Brief:
Search the entries for the word "partners". Copy every line where it turns up.

Exercise materials:
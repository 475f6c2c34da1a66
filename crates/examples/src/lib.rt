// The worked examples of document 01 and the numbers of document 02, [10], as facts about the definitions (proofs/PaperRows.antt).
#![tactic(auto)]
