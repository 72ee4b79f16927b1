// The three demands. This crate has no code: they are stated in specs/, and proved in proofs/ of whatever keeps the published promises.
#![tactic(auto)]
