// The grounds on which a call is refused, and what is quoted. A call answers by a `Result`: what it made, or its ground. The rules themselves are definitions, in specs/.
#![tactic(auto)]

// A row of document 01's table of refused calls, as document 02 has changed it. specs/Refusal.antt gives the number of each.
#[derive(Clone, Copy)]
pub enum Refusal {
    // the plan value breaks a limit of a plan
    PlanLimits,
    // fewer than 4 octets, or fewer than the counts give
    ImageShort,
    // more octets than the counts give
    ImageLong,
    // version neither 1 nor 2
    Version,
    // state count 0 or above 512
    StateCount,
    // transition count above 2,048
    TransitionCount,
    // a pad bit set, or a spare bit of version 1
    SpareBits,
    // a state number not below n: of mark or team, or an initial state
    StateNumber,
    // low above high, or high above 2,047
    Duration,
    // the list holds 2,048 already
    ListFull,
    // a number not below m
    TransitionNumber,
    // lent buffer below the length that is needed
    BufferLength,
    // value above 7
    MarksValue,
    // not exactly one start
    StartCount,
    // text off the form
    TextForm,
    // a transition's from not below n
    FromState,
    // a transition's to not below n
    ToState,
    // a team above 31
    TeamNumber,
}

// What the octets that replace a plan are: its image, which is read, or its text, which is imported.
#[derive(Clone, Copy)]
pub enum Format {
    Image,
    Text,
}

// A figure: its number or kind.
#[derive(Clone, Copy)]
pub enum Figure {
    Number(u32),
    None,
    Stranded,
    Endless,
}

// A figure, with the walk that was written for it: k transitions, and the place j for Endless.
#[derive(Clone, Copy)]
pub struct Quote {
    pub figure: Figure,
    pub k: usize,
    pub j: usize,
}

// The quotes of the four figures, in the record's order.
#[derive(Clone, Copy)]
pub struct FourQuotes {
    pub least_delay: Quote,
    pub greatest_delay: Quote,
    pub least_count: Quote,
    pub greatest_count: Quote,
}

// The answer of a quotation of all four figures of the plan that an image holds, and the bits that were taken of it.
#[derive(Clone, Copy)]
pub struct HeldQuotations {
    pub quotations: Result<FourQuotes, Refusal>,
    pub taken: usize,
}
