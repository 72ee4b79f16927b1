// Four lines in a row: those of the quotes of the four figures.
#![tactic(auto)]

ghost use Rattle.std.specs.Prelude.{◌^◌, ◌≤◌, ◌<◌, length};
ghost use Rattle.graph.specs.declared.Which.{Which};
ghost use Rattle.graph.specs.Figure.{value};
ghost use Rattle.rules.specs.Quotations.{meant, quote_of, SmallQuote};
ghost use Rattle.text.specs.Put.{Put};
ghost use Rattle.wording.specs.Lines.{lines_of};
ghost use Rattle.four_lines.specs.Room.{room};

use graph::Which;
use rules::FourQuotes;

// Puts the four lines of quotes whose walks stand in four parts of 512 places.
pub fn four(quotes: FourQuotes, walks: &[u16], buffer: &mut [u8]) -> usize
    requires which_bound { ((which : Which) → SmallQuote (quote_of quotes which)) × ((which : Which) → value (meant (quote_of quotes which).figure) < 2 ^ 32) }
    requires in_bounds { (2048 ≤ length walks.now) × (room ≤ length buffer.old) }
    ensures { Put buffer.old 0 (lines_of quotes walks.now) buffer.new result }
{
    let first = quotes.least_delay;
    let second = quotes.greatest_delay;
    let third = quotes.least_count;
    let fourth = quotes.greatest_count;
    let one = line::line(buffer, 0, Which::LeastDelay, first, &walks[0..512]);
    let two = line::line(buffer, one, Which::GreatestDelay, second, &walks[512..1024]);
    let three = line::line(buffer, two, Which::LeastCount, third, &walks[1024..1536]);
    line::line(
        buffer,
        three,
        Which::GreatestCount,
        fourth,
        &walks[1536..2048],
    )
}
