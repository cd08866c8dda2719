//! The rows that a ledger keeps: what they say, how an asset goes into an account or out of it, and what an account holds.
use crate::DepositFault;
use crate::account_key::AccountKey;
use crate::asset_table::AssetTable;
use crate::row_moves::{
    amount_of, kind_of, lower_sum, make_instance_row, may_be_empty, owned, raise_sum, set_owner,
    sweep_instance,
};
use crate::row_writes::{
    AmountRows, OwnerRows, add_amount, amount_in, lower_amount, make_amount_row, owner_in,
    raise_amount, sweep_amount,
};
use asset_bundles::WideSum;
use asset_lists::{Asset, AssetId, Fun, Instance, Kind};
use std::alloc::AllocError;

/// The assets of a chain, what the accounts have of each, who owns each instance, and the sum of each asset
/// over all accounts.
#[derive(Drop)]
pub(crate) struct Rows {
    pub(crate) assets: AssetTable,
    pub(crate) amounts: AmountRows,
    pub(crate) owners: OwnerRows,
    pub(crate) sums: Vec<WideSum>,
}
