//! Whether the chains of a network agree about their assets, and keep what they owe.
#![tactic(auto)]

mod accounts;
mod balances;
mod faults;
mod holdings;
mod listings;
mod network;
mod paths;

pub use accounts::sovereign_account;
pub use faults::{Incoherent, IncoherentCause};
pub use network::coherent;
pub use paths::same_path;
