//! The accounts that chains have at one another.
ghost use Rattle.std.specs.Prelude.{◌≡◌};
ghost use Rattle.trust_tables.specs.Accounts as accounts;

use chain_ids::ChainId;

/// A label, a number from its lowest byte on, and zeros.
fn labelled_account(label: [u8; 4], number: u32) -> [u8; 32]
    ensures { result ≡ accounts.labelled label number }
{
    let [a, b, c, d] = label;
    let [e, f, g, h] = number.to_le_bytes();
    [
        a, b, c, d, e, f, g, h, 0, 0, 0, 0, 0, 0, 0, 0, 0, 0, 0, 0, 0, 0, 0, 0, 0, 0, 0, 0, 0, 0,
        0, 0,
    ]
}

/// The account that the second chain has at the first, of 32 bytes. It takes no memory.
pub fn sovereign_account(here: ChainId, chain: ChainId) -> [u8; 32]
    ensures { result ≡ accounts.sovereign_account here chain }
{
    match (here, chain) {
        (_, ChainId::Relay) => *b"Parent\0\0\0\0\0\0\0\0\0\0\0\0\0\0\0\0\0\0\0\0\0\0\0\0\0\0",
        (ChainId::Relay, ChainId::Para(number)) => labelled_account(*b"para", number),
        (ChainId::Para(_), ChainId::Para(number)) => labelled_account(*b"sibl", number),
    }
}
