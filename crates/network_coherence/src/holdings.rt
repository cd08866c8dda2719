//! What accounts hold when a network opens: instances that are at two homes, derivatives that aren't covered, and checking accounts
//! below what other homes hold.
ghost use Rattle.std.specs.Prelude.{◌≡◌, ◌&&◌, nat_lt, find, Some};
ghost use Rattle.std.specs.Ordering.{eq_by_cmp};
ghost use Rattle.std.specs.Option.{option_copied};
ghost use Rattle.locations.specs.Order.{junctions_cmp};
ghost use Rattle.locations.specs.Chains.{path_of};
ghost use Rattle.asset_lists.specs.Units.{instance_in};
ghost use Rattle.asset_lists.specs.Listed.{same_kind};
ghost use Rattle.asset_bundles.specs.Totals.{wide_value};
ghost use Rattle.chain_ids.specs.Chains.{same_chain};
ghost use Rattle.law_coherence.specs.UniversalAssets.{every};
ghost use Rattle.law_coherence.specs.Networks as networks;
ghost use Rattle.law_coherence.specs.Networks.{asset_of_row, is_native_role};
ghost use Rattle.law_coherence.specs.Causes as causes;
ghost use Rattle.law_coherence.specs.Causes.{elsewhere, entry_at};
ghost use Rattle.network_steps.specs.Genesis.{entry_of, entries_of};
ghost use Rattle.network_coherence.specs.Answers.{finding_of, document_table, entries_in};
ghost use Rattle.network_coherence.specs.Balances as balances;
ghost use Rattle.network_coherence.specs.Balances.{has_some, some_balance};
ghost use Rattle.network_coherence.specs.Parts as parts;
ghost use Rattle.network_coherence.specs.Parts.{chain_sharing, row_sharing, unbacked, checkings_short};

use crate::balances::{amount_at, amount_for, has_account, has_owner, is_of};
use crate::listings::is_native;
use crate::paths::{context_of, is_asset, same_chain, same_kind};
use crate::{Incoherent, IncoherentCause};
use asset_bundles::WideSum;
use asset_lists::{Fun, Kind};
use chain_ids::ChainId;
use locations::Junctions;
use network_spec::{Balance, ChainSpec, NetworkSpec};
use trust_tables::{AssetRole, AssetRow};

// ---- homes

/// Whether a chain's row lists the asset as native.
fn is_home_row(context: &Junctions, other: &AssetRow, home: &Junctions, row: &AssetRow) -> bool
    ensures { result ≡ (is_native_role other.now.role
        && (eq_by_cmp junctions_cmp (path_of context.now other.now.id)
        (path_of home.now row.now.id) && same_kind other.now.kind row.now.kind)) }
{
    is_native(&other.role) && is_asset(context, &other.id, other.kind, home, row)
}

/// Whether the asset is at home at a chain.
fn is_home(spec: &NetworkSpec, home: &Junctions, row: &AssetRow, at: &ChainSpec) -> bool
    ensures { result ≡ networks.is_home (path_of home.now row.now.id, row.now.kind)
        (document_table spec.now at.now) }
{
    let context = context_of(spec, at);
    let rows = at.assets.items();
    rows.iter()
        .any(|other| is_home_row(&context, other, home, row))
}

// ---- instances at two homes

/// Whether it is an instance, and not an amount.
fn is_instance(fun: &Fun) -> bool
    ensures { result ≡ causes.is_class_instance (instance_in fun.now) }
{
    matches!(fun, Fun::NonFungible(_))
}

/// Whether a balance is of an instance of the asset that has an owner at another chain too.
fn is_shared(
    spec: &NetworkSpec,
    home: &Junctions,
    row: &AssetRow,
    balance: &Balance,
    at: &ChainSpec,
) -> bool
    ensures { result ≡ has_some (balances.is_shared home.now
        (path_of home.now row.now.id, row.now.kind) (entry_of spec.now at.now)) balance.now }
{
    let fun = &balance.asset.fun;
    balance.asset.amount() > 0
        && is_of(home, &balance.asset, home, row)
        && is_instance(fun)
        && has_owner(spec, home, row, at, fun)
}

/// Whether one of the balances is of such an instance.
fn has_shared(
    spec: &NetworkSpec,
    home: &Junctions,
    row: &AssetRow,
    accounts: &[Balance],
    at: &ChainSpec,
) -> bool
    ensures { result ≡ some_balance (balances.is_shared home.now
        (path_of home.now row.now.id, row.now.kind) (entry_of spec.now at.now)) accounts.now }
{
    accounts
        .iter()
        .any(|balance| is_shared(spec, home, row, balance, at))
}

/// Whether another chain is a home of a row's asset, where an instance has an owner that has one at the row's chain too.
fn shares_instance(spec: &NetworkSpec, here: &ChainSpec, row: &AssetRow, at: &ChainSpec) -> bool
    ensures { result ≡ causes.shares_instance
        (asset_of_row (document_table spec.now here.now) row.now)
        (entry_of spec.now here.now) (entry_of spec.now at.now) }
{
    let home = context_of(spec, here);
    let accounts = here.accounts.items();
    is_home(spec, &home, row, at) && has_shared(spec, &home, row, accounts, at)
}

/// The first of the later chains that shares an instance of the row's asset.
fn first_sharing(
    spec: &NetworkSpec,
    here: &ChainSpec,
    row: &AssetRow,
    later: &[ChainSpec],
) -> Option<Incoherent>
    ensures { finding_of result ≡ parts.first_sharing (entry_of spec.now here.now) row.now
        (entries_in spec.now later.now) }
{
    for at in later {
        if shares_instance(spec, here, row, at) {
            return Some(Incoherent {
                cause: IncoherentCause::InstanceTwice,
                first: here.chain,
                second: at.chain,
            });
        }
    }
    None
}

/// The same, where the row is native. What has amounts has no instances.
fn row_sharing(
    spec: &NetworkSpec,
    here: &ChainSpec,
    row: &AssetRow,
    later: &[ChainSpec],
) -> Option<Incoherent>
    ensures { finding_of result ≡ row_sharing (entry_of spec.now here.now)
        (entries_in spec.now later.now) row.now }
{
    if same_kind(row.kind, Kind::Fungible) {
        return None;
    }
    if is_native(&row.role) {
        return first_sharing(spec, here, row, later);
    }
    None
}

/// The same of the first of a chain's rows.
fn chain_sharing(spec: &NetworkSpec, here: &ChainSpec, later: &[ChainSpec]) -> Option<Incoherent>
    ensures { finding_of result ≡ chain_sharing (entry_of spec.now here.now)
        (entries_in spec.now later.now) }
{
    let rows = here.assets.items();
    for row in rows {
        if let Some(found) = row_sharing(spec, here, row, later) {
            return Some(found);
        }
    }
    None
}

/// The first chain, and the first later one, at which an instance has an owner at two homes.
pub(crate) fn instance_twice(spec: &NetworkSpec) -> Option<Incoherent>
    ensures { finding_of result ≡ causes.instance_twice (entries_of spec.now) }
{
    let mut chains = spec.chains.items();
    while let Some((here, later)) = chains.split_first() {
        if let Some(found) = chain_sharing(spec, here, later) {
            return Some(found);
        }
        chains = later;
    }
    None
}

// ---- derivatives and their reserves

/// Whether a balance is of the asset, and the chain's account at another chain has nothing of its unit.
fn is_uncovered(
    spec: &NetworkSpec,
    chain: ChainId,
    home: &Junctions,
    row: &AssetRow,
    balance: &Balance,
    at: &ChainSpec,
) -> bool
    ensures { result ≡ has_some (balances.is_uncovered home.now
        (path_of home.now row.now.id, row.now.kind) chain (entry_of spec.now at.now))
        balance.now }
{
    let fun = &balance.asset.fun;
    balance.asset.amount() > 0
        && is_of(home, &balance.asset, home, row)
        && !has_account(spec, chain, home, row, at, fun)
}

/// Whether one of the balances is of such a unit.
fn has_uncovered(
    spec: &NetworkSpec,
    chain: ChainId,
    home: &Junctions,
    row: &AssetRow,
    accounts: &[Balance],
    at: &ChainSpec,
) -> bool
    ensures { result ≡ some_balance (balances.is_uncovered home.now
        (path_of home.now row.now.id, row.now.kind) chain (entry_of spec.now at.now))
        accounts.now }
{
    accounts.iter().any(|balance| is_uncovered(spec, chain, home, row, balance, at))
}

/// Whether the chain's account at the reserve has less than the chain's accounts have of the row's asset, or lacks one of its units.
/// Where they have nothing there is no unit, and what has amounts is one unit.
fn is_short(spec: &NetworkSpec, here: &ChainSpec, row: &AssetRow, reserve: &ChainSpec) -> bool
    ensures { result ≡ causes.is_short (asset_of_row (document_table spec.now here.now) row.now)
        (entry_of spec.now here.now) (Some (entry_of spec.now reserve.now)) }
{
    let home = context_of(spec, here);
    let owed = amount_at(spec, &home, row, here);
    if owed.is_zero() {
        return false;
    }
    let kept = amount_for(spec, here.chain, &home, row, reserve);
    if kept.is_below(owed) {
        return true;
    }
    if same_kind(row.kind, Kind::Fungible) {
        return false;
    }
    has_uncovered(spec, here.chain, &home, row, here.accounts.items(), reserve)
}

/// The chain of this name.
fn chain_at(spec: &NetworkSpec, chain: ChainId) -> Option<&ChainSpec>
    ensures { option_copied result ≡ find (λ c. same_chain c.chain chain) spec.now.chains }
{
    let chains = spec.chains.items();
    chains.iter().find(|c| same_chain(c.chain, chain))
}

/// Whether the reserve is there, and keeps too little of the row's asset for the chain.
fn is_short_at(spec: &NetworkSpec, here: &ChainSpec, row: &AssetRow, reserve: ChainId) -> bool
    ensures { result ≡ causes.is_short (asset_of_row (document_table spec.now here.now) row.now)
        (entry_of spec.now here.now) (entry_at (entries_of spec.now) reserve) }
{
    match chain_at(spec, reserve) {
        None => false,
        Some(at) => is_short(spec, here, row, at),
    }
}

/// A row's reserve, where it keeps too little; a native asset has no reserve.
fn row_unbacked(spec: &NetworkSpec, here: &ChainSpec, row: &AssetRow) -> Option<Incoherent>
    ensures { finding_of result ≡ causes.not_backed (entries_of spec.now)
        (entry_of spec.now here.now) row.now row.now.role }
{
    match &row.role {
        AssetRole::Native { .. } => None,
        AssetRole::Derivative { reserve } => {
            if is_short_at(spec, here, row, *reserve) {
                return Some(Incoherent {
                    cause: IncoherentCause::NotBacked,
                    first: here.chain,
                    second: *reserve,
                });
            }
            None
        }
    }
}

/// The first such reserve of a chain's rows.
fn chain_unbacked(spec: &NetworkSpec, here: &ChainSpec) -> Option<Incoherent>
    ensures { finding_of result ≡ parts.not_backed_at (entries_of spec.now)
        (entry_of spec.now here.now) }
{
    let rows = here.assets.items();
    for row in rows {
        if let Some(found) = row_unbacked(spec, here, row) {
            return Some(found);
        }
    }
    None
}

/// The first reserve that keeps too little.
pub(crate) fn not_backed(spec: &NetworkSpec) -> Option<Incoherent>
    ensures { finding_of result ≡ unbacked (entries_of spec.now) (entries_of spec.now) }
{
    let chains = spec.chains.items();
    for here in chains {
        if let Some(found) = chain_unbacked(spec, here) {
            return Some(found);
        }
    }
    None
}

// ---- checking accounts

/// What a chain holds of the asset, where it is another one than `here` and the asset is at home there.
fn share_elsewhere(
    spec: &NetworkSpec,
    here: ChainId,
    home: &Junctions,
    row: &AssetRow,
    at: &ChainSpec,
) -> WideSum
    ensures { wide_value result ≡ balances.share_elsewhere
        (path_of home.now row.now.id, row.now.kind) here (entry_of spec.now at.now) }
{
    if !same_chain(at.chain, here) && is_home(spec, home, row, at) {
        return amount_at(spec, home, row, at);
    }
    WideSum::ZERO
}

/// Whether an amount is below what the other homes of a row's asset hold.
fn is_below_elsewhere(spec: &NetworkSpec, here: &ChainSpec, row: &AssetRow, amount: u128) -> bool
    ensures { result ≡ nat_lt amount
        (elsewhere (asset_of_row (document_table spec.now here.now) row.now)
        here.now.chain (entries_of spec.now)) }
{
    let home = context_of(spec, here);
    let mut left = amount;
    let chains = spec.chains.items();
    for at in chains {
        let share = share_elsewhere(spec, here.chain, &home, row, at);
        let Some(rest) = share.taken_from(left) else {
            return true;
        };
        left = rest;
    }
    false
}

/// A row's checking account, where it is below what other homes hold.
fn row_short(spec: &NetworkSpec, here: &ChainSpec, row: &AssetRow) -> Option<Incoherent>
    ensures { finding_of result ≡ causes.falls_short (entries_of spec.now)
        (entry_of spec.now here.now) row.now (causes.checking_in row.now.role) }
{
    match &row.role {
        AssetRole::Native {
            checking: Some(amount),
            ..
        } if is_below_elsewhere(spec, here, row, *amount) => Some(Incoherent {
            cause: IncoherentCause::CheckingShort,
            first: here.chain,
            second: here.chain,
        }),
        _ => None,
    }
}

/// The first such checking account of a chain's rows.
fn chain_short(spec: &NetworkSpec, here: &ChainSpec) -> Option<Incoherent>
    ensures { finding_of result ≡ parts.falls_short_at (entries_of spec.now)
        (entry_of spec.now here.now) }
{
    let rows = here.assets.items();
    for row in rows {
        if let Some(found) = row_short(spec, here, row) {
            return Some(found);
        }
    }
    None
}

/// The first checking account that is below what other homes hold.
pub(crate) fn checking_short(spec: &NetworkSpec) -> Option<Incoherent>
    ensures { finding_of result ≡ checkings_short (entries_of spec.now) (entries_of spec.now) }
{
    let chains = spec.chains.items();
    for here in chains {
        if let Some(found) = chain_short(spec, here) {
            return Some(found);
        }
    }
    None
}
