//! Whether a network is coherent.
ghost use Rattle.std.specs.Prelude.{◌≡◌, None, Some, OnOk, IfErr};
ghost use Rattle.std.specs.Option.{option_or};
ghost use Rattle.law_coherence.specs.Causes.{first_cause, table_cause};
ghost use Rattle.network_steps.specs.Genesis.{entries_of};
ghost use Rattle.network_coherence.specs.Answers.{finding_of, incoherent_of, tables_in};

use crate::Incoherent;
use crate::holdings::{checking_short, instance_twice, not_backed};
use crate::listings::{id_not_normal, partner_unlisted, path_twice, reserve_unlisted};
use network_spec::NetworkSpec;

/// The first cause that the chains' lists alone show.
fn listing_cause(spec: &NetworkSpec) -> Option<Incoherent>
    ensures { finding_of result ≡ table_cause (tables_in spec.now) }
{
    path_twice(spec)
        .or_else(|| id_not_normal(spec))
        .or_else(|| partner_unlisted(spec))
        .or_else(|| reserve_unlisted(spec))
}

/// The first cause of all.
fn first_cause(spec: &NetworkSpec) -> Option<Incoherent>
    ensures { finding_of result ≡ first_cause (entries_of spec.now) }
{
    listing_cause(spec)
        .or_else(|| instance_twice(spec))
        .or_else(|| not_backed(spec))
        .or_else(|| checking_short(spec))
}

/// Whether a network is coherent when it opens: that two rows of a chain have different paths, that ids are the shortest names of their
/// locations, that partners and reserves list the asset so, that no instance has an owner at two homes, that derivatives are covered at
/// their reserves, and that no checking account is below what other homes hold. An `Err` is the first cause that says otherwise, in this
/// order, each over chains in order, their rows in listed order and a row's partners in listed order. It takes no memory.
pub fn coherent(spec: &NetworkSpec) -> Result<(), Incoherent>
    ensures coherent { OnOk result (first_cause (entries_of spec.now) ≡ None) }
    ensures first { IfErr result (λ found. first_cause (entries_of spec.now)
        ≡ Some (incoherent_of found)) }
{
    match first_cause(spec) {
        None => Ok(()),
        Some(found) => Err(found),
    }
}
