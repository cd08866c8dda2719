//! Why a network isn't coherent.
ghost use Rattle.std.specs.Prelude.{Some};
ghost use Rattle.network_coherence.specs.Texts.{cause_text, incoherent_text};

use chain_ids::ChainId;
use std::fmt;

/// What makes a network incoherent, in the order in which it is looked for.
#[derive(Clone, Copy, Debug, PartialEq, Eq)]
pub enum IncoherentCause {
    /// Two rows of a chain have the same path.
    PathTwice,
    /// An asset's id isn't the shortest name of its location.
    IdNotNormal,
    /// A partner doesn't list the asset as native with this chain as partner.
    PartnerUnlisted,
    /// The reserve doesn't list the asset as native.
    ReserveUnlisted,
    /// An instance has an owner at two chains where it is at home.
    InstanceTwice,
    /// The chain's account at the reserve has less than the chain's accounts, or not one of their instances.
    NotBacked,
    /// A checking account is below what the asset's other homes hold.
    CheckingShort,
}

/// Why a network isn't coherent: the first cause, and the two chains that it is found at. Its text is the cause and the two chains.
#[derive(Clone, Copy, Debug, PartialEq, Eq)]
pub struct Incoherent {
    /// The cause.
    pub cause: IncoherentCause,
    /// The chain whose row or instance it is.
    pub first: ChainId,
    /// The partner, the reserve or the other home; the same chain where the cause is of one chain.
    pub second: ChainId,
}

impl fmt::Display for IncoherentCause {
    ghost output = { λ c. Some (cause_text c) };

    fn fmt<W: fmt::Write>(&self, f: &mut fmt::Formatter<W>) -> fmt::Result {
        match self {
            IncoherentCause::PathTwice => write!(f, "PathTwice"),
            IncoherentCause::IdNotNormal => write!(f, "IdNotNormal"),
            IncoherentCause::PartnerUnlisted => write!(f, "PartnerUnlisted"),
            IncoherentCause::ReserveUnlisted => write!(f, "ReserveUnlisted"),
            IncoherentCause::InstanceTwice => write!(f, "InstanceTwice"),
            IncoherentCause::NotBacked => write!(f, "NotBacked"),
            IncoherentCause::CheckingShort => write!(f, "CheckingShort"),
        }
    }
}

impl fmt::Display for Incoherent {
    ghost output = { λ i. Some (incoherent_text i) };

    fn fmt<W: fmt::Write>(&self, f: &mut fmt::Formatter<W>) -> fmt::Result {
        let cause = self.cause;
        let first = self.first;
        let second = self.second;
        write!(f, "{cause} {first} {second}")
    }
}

Answer for this exercise:
/// locations, that partners and reserves list the asset so, that no instance has an owner at two homes, that derivatives are covered at
/// order, each over chains in order, their rows in listed order and a row's partners in listed order. It takes no memory.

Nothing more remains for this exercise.